Could someone please tell me where to send a donation check ? ALLRIGHT NOW !
NO JOKES !







I see under "donations" an address for "AndTech Solutions", but
I'm not too sure - I kinda thought Vern38 was the person to send it to. 
Yes, I know you can send it electronically, but I just don't ever use a credit or
debit card on the internet, and I not going to start now.








Any SERIOUS







help would be appreciated. 
Happy Outbacking ya'll!


----------



## Guest (Oct 21, 2004)

RVCarolina said:


> Could someone please tell me where to send a donation check ? ALLRIGHT NOW !
> NO JOKES !
> 
> 
> ...


Vern is the man to send it to.
He owns and operates AndTech Solutions.
Send it there and he'll get it. Just be sure to include a note with what it's for and what your user name is on here.


----------



## Y-Guy (Jan 30, 2004)

RVCarolina don't worry, Katrina is right. Vern runs this, and the other business, he's just using the Paypal account through it. I made my contribution, no funny business from Vern at all.


----------



## BigBadBrain (Aug 26, 2004)

RVCarolina,
We do have a tendency to get off-topic and the hilarity quotient on this forum is perhaps too high at times, however, if I was to defend it, the approach does keep things from getting too serious and maintains a positive approach most of the time. That said, when you ask for us to straighten up and be serious, you can count on this forum to respect your request and get back to business of Outbacks.

I hope you continue to enjoy the forum and the expertise that the members of this forum can provide.

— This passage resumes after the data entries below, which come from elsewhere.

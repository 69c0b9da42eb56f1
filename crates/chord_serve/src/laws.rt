//! What holds of all sessions. These functions have no code; their contracts are the laws.
ghost use Rattle.std.specs.Prelude.{◌≡◌, ◌+◌, ◌++◌, ℕ, List, [], length, Option, None, false};
ghost use Rattle.std.specs.List.{AllByRecursion};
ghost use Rattle.chord_wire.specs.declared.request.WireRequest.{WireRequest};
ghost use Rattle.chord_wire.specs.Spelling.{IsWireRequest};
ghost use Rattle.chord_wire.specs.Streams.{HasNoNext};
ghost use Rattle.chord_session.specs.Session.{first_state, last_number};
ghost use Rattle.chord_session.specs.SessionState.{SessionState};
ghost use Rattle.chord_serve.specs.declared.asker.Asked.{Asked};
ghost use Rattle.chord_serve.specs.Question.{Question};
ghost use Rattle.chord_serve.specs.Served.{Dealt, IsParted};
ghost use Rattle.chord_serve.specs.Framing.{FrameStands};
ghost use Rattle.chord_serve.specs.Parting.{parted_as};
ghost use Rattle.chord_serve.specs.declared.link.stage.Stage.{Stage};
ghost use Rattle.chord_serve.specs.declared.link.stage.Stage.TheVariants.{Over};
ghost use Rattle.chord_serve.specs.declared.served.Served.{Served as ServedOf};
ghost use Rattle.chord_serve.specs.declared.served.Served.TheVariants.{Write};
ghost use Rattle.chord_serve.specs.Lasting.{InARow, AreOneSession};
ghost use Rattle.chord_serve.specs.Output.{questions, state_after, asked_anew, answered_requests, AreAnswers, IsPaired};

use crate::asker::Asker;
use crate::client_session::ClientSession;
use crate::frame_protocol::FrameProtocol;
use chord_wire::laws::one_reading;

/// Connections in a row are one session: the requests of all of them together are asked once each,
/// in order, and answered as if they had come over one connection.
pub fn connections_are_one_session<A: Asker>()
    ensures { (first : ClientSession A) (inputs outputs : List (List ℕ)) (last : ClientSession A) → InARow A.answers first inputs outputs last → AreOneSession A.answers first inputs outputs last }
{}

/// Each number is asked anew once: as many requests are asked anew as there are new numbers, and
/// the asker took in these, in order. By [`connections_are_one_session`] that holds over all
/// connections of a session together.
pub fn numbers_are_asked_once<A: Asker>()
    ensures numbers { (a b : A) (s : SessionState) (requests : List WireRequest) (given : List Asked) → AllByRecursion IsWireRequest requests → AreAnswers A.answers a (questions s requests given) given b
        → last_number s + length (asked_anew (questions s requests given)) ≡ last_number (state_after s requests given) }
    ensures asked { (a b : A) (asks : List Question) (given : List Asked) → AreAnswers A.answers a asks given b → A.asked b ≡ A.asked a ++ asked_anew asks }
{}

/// Each reply of a session is of the kind of its request, also after a retry.
pub fn replies_are_of_their_kind<A: Asker>()
    ensures { (a b : A) (requests : List WireRequest) (given : List Asked) → A.asked a ≡ [] → AllByRecursion IsWireRequest requests
        → AreAnswers A.answers a (questions first_state requests given) given b → AllByRecursion IsPaired (answered_requests first_state requests given) }
{}

/// The output of a session for all whole requests of its input depends on the input and the answers
/// alone, however the input was cut.
pub fn one_output<A: Asker>()
    ensures { (a b after after' : A) (input output output' rest rest' : List ℕ) (v v' : Option ℕ) (s s' : SessionState)
        → (one : Dealt A.answers None first_state a input output rest v s after) → (other : Dealt A.answers None first_state b input output' rest' v' s' after')
        → HasNoNext rest → HasNoNext rest' → one.given ≡ other.given → output ≡ output' }
{
    one_reading();
}

/// A link that speaks in frames serves its connection, whatever drives it, in whichever thread. At
/// each end of it this is what it read and answered, and what is left of its session. Where it is
/// let go before all is written, be it in the middle of a request, it wrote a prefix of that.
pub fn links_are_served<A: Asker>()
    ensures ended { (first last : FrameProtocol A) (end : ServedOf) (input output : List ℕ) → first.is_over ≡ false
        → FrameStands A.answers (Over end) first input output last
        → IsParted A.answers first.is_opened end first.client.version first.client.numbers first.client.asker
        (first.frames ++ input) output (parted_as last.is_over last.client) }
    ensures lost { (first last : FrameProtocol A) (stage : Stage) (input sent due : List ℕ) → first.is_over ≡ false
        → FrameStands A.answers stage first input (sent ++ due) last
        → IsParted A.answers first.is_opened Write first.client.version first.client.numbers first.client.asker
        (first.frames ++ input) sent (parted_as last.is_over last.client) }
{}
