//! Which replies have a frame.
ghost use Rattle.std.specs.Prelude.{◌≡◌, ◌↔◌, ◌&&◌, nat_le, length, IsTrue, None};
ghost use Rattle.chord_wire.specs.Replies.{IsReply};
ghost use Rattle.chord_wire.specs.ReadingReplies.{rise_from};

use crate::reading::values::is_above;
use chord_map::limits::{SET_VALUES, VALUE_BYTES};
use chord_map::{Bytes, Reply};

fn are_values(values: &[Bytes]) -> bool
    ensures { result ≡ (nat_le (length values.now) 1000 && rise_from None values.now) }
{
    if values.len() > SET_VALUES {
        return false;
    }
    let mut before = None;
    for value in values {
        let value = value.as_slice();
        if value.len() > VALUE_BYTES || !is_above(before, value) {
            return false;
        }
        before = Some(value);
    }
    true
}

/// Whether the reply has a frame: at most 1,000 values, strictly rising, of at most 4,096 bytes.
pub fn is_writable(reply: &Reply) -> bool
    ensures { IsTrue result ↔ IsReply reply.now }
{
    match reply {
        Reply::Values(values) => are_values(values.as_slice()),
        _ => true,
    }
}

Now, all you jokers out there (boy is that the pot calling the kettle black shy ), we need to respect serious requests for info. Keep it light when we can but let's make sure we answer the mail first.


----------



## NDJollyMon (Aug 22, 2003)

Joking around? Here? Nah. We have a forum for Jokes.


----------



## RVCarolina (Jul 31, 2004)

Mercy! Didn't mean to get you-all THAT serious! I think I killed all the entertainment potential with the "serious" stuff.

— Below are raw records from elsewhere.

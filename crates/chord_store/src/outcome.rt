//! The answers of a store.

use thiserror::Error;

/// What an insert did.
#[derive(Clone, Copy, Debug, PartialEq, Eq)]
pub enum Inserted {
    Added,
    Present,
    SetFull,
}

/// Why a store did not add a pair.
#[derive(Clone, Copy, Debug, PartialEq, Eq, Error)]
pub enum StoreFault {
    #[error("the store is full")]
    Full,
    #[error("out of memory")]
    Memory,
}
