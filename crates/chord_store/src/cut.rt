//! Where a span is cut by a number of pairs.
ghost use Rattle.std.specs.Prelude.{◌≡◌, ◌⊎◌, ◌≤◌, ◌<◌, ◌+◌, ◌^◌, ℕ, List, length, true, IfSome, IfNone};
ghost use Rattle.chord_ident.specs.Circle.{cuts, walk};
ghost use Rattle.chord_store.specs.Cut.{AreFewest, CutsLeaveFewer, IsShort, pairs_within, part_up_to};
ghost use Rattle.chord_map.specs.declared.pair.Pair.{Pair};
ghost use Rattle.chord_store.specs.Inside.{pairs_inside};

use chord_ident::{Id, Span};

/// Pairs that are counted by spans.
pub trait CountSpan {
    ghost pairs: { Self → List Pair };

    /// The number of pairs whose keys lie in the span.
    fn count_span(&self, span: &Span) -> u64
        ensures { result ≡ length (pairs_inside span.now (pairs self.now)) };
}

// The steps of the first look for pairs. On a circle with fewer than 2^32 of them the nearest one
// is further away for the most part.
const FIRST_STEPS: u128 = 1 << 96;

// The identifier that is this number of steps after the start.
fn after_steps(after: Id, steps: u128) -> Id
    requires { 0 < steps }
    ensures { walk after.number result.number ≡ steps }
{
    Id::new(after.number.wrapping_add(steps))
}

// The number of pairs whose keys lie at most this number of steps after the start.
fn count_within<C: CountSpan>(counted: &C, after: Id, steps: u128) -> u64
    requires { 0 < steps }
    ensures { result ≡ length (pairs_within after.number steps (C.pairs counted.now)) }
{
    counted.count_span(&Span::new(after, after_steps(after, steps)))
}

// Steps after the start that meet `n` pairs, if `most` steps do. It looks at twice as many steps
// each time, so it reads about twice as much as it has to.
fn enough_steps<C: CountSpan>(counted: &C, after: Id, most: u128, n: u64) -> Option<u128>
    requires { 0 < most }
    ensures most { IfSome result (λ steps. steps ≤ most) }
    ensures enough { IfSome result (λ steps. n ≤ length (pairs_within after.number steps (C.pairs counted.now))) }
    ensures none { IfNone result (length (pairs_within after.number most (C.pairs counted.now)) < n) }
{
    let mut steps = most.min(FIRST_STEPS);
    while count_within(counted, after, steps) < n {
        if steps == most {
            return None;
        }
        steps = steps.saturating_mul(2).min(most);
    }
    Some(steps)
}

// Steps after the start that meet at least `n` pairs, which `most` steps do: some that meet at most
// `limit`, or else the fewest.
fn steps_to<C: CountSpan>(counted: &C, after: Id, most: u128, n: u64, limit: u64) -> u128
    requires some { 0 < n }
    requires enough { n ≤ length (pairs_within after.number most (C.pairs counted.now)) }
    ensures some { 0 < result }
    ensures most { result ≤ most }
    ensures enough { n ≤ length (pairs_within after.number result (C.pairs counted.now)) }
    ensures short { (length (pairs_within after.number result (C.pairs counted.now)) ≤ limit) ⊎ AreFewest after.number result n (C.pairs counted.now) }
{
    if count_within(counted, after, most) <= limit {
        return most;
    }
    let mut low = 0u128;
    let mut high = most;
    while high - low > 1 {
        let middle = low + (high - low) / 2;
        let met = count_within(counted, after, middle);
        if met < n {
            low = middle;
        } else if met <= limit {
            return middle;
        } else {
            high = middle;
        }
    }
    high
}

/// An identifier of the span at which a cut leaves at least `n` and at most `limit` pairs before
/// it; or else the first one at which a cut leaves at least `n`, or none where no cut does. It
/// looks at parts of the span twice as large each time, and then at halves between them.
pub fn cut_after<C: CountSpan>(counted: &C, span: Span, n: u64, limit: u64) -> Option<Id>
    requires { 0 < n }
    ensures cut { IfSome result (λ at. cuts span at ≡ true) }
    ensures enough { IfSome result (λ at. n ≤ length (pairs_inside (part_up_to span at) (C.pairs counted.now))) }
    ensures short { IfSome result (λ at. IsShort (part_up_to span at) n limit (C.pairs counted.now)) }
    ensures none { IfNone result (CutsLeaveFewer span n (C.pairs counted.now)) }
{
    let most = span.after.distance(span.upto).wrapping_sub(1);
    if most == 0 {
        return None;
    }
    let Some(enough) = enough_steps(counted, span.after, most, n) else {
        return None;
    };
    let steps = steps_to(counted, span.after, enough, n, limit);
    Some(after_steps(span.after, steps))
}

Thanks for the straight info. though.


----------



## Thor (Apr 7, 2004)

It worked for me as well. No funny stuff going on here.

Thor


----------



## RVCarolina (Jul 31, 2004)

Just to be clear, wasn't worried about "funny business" from within this group,
but you hear so much about hackers and that sort of thing........
Anyway, what exactly is "pay-pal", and how does it work? I have heard of it,
but would like someone to explain it to me. What makes it better/safer than
using credit or debit cards online? Thanks for any info. Fred


----------



## aplvlykat (Jan 25, 2004)

Fred, I don't know exactly how it works but I will try to answer your question. Pay Pal is an account you set up with a seperate third party on a secure web site. The payment is sent to the person indirect this way the person you are paying has no access to your accounts. You do have to give account info to the Pay Pal site, at first I was a little leary as well, but I have never had any problems with this service. Kirk


----------



## CamperAndy (Aug 26, 2004)

PayPal you still use your credit card for exchanging money on line it is just an establish company in the middle. Mainly for auction sites where the little guy on the other end does not have the ability to accept credit cards but wants to be able to let people pay for the stuff they sell with credit cards.

They also offer a bunch of other services but you are still using your credit card on line.

Now to address you fear of using your credit card on line. It is time to relax. EVERY single transaction you make goes across wires of some type from Wally World or Red Lobster or wherever you use the card back to the card company. Sometimes it is across a dedicated direct line but more often then not it is to a local number then across the net. You need to worry more about some sleazy waiter writing down your number then trying to use it on-line. Anyway there are a ton of protections in place to prevent you from owing anything against a stolen card or card number. So relax save 37 cents on snail mail and what ever check processing fees you have and send the money electronically.


----------



## NDJollyMon (Aug 22, 2003)

You see PAYPAL used a lot on web auction sites. It's a quick, convienent way to pay for something. It's like your own little Western Union. Very safe and secure. You can set it up to pay right from your bank account too.


----------